I made two small changes to the recipe.
The first is I don't like frozen veggies so I opted to not include them. Now having had it, I think sautéing up some fresh veggies would do a good lot better than frozen.
The second was I added 1 tsp of Sriracha - I'm starting to like spice.
It had flavor and was easy to pull together.
Beef Chow Mein
Recipe from Chelseasmessyapron.com
Serves 4
1 package (10 to 11 ounces) frozen stirfry vegetables
1/2 pound (8 ounces) flank steak thinly sliced against the grain
2 c green cabbage cut in small shreds
1 1/2 tsp garlic cloves minced (~2 large cloves)
2 tsp fresh ginger minced (~1-inch piece)
1/4 c green onions ~3 onions
1 1/2 T vegetable oil
1 package (6 ounces) chow mein noodles
1/2 T cornstarch
1 1/2 T lite soy sauce
1 1/2 T oyster sauce
1/3 c beef stock
1 T brown sugar lightly measured, do not pack!
1/2 tsp toasted (or plain) sesame oil
Freshly cracked pepper
Optional: toasted sesame seeds
SAUCE PREP: Whisk the cornstarch and soy sauce with a fork until completely smooth. Stir in the oyster sauce, beef stock, brown sugar, and sesame oil. Add pepper to taste. (I add about 1/2 teaspoon.) Whisk until smooth. Reserve for later.
BEEF PREP: Thinly slice the beef (1/4 inch thick) against the grain. Slice long strips into 2-3 smaller pieces. Place in a bowl and add 1 and 1/2 tablespoons of the sauce Cover and marinate for 15 minutes to an hour. Pat dry with a paper towel and it's ready for this recipe!
VEGGIE PREP: prepare the ingredients in advance because the cooking goes fast! Finely shred the cabbage, coarsely mince the ginger and garlic (don't want too fine of a mince or they burn; don't use jarred/tube ginger or garlic). Thinly slice the green onions to separate the white root from the green. You should get about 1/4 cup thinly sliced white roots. Reserve the thinly sliced green part for later.
NOODLES: Follow package directions to prepare the chow mein noodles. Rinse in cold water and set aside.
COOK: Add the frozen veggies (unthawed and don't add liquid) to a large nonstick skillet. Put the heat on high and, stirring frequently, cook until mostly thawed, about 5 minutes (add vegetable oil if sticking/needed).
Transfer to a plate.
Add 1 and 1/2 tablespoons vegetable oil to the same skillet and keep over high heat. Add the white roots of the onion for a minute or two and then add in the garlic and ginger. Be very careful to make sure neither burn -- only cook for about 10-20 seconds.
Add the beef (patted dry from the marinade) and stir constantly for about 1 minute or until both sides are lightly browned (but not cooked through).

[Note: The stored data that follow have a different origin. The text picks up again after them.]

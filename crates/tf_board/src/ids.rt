ghost use Rattle.std.specs.Prelude.{◌≡◌, ◌++◌, ◌∷◌, OnOk, IfOk};
ghost use Rattle.std.specs.Fmt.{decimal};
ghost use Rattle.tf_board.specs.Board.{id_of, id_text as text_of};

use std::alloc::Global;
use tf_report::{append, append_number};
use tf_values::{Memory, Name, Text};
use uuid::Uuid;

/// The most bytes of a job's number, a slash and a name.
const TITLE_LIMIT: usize = 128;

/// The id of the job of that number and that name: version 5 of the DNS name space and the text `NUMBER/NAME`.
#[tactic(auto, unfolding(crate::specs::Board::id_of))]
pub fn job_id(alloc: Global, number: u64, name: &Name) -> Result<Uuid, Memory>
    ensures { IfOk result (λ id. id ≡ id_of number name.now) }
{
    let mut title = Vec::with_capacity(alloc, TITLE_LIMIT)?;
    append_number(number, &mut title)?;
    append(b"/", &mut title)?;
    append(name.bytes(), &mut title)?;
    Ok(Uuid::new_v5(&Uuid::NAMESPACE_DNS, &title))
}

/// The text of an id: hyphenated, in lower case.
#[tactic(auto, unfolding(crate::specs::Board::id_text))]
pub fn id_text(alloc: Global, id: &Uuid) -> Result<Text, Memory>
    ensures { IfOk result (λ text. text ≡ text_of id.now) }
{
    let mut buffer = Uuid::encode_buffer();
    let text = id.hyphenated().encode_lower(&mut buffer);
    match Text::make(alloc, text.as_bytes()) {
        Ok(text) => Ok(text),
        Err(_) => Err(Memory),
    }
}
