//! What is said of the calls of conductors, and the end of their command.
ghost use Rattle.std.specs.Prelude.{◌≡◌, ◌≢◌, ℕ, List, Option, Some, IfOk};
ghost use Rattle.tf_desk.specs.State.{told_as};
ghost use Rattle.tf_board.specs.Does.{Concludes};
ghost use Rattle.tf_board.specs.declared.commands.Command.{Command};
ghost use Rattle.tf_report.specs.declared.statuses.TheConstants.{DISK_FAILED, UNHIRED, UNREAD, UNSAID};
ghost use Rattle.tf_shared_board.specs.declared.calls.BoardHalt.{BoardHalt as AHalt};
ghost use Rattle.tf_shared_board.specs.declared.calls.BoardHalt.TheVariants.{Disk as DiskHalt};
ghost use Rattle.tf_shared_board.specs.declared.calls.Made.{Made as AMade};
ghost use Rattle.tf_shared_board.specs.Shared.{IsShared, halt_status as status_of_halt};
ghost use Rattle.tf_runner.specs.Conducts.{EndsCalls, calls_text as calls_said, closing_text};
ghost use Rattle.tf_runner.specs.Working.{HasCalled};

use std::alloc::Global;
use tf_board::call_line;
use tf_conductor::Conducted;
use tf_desk::Desk;
use tf_report::{OUT_OF_MEMORY, append, close};
use tf_shared_board::{BoardHalt, Made, append_halt, halt_status};
use tf_values::Memory;

/// The lines of calls, in their order.
fn calls_text(alloc: Global, made: &[Made]) -> Result<Vec<u8>, Memory>
    ensures { IfOk result (λ text. text.items ≡ calls_said made.now) }
{
    let mut text = Vec::new(alloc);
    for call in made {
        append(&call_line(alloc, &call.call, call.job)?, &mut text)?;
    }
    Ok(text)
}

/// What is said where conductors are done, and the status.
fn closing(alloc: Global, made: &[Made], halt: Option<BoardHalt>) -> Result<(Vec<u8>, u8), Memory>
    ensures { IfOk result (λ said. (said.0.items ≡ closing_text made.now halt) × (said.1 ≡ status_of_halt halt)) }
{
    let mut text = calls_text(alloc, made)?;
    append_halt(halt, &mut text)?;
    Ok((text, halt_status(halt)))
}

/// Says a text, which may be empty, and answers the status: the one that belongs to it, or that of a failed output.
fn say_all<K: Desk>(mut desk: K, text: &[u8], status: u8) -> (K, u8)
    requires apart { status ≢ UNSAID }
    ensures ends { (name word : List ℕ) (count : ℕ) (past : List Command) (made : List AMade) (halted : Option AHalt)
        (entry seen : K) → text.now ≡ closing_text made halted → status ≡ status_of_halt halted
        → HasCalled name word count past made halted (told_as (K.state seen) (K.state entry)) (K.state desk)
        → EndsCalls name word count past made halted (told_as (K.state seen) (K.state entry))
        (K.state result.0) result.1 }
    ensures concludes { Concludes (K.state desk) (K.state result.0) result.1 }
    ensures status { result.1 ≢ UNSAID → result.1 ≡ status }
{
    if text.is_empty() {
        return (desk, status);
    }
    let status = close(text, status, &mut desk);
    (desk, status)
}

/// Says the lines of the calls that conductors made, and then why the board doesn't go on, if it doesn't.
pub(crate) fn conclude<K: Desk>(alloc: Global, ended: Conducted<K>) -> (K, u8)
    ensures ends { (name word : List ℕ) (count : ℕ) (past : List Command) (entry seen : K)
        → HasCalled name word count past ended.shared.made ended.halt (told_as (K.state seen) (K.state entry))
        (K.state ended.shared.board.journal.desk)
        → EndsCalls name word count past ended.shared.made ended.halt (told_as (K.state seen) (K.state entry))
        (K.state result.0) result.1 }
    ensures shared { IsShared K.state ended.shared }
    ensures concludes { Concludes (K.state ended.shared.board.journal.desk) (K.state result.0) result.1 }
    ensures failed { result.1 ≡ DISK_FAILED → ended.halt ≡ Some DiskHalt }
    ensures apart { (result.1 ≢ UNREAD) × (result.1 ≢ UNHIRED) }
{
    let Conducted { shared, halt } = ended;
    let said = closing(alloc, shared.made(), halt);
    let desk = shared.close().close();
    match said {
        Ok((text, status)) => say_all(desk, &text, status),
        Err(_) => (desk, OUT_OF_MEMORY),
    }
}
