ghost use Rattle.std.specs.Prelude.{◌≡◌, None, Some, if◌then◌else◌};
ghost use Rattle.tf_board.specs.Board.{same, refused_at};

use crate::commands::JobAction;
use crate::jobs::Standing;
use tf_values::Name;

/// Why an owner may not do something with a job: no job has the id, it is gone, somebody has it, or the owner hasn't,
/// but perhaps somebody else.
#[derive(Clone, Copy, Debug)]
pub enum Refusal {
    NoJob,
    Gone,
    Claimed(Name),
    NotOwner(Option<Name>),
}

/// Why an owner may not do that with a job that stands so, or none where the owner may.
pub fn refusal_at(standing: Standing, action: JobAction, owner: &Name) -> Option<Refusal>
    ensures { result ≡ refused_at standing action owner.now }
{
    match standing {
        Standing::Consumed | Standing::Trashed => Some(Refusal::Gone),
        Standing::Free => match action {
            JobAction::Claim => None,
            JobAction::Abandon | JobAction::Consume | JobAction::Trash => Some(Refusal::NotOwner(
                None,
            )),
        },
        Standing::Held(kept) => match action {
            JobAction::Claim => Some(Refusal::Claimed(kept)),
            JobAction::Abandon | JobAction::Consume | JobAction::Trash => not_owner(kept, owner),
        },
    }
}

/// Why somebody may not give back, finish or throw away a job that an owner has.
fn not_owner(kept: Name, owner: &Name) -> Option<Refusal>
    ensures { result ≡ if same kept owner.now then None else Some (Refusal.NotOwner (Some kept)) }
{
    if kept == *owner {
        return None;
    }
    Some(Refusal::NotOwner(Some(kept)))
}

Add the cabbage right on top. Stir near constantly until cabbage is wilted, about 1-2 minutes.
Add the vegetables that were set aside back in to the pan.
Add in the cooked noodles and the sauce mixture. Toss with tongs for 1 minute. Add in the thinly sliced tops of the green onions.
Enjoy immediately with toasted sesame seeds if desired.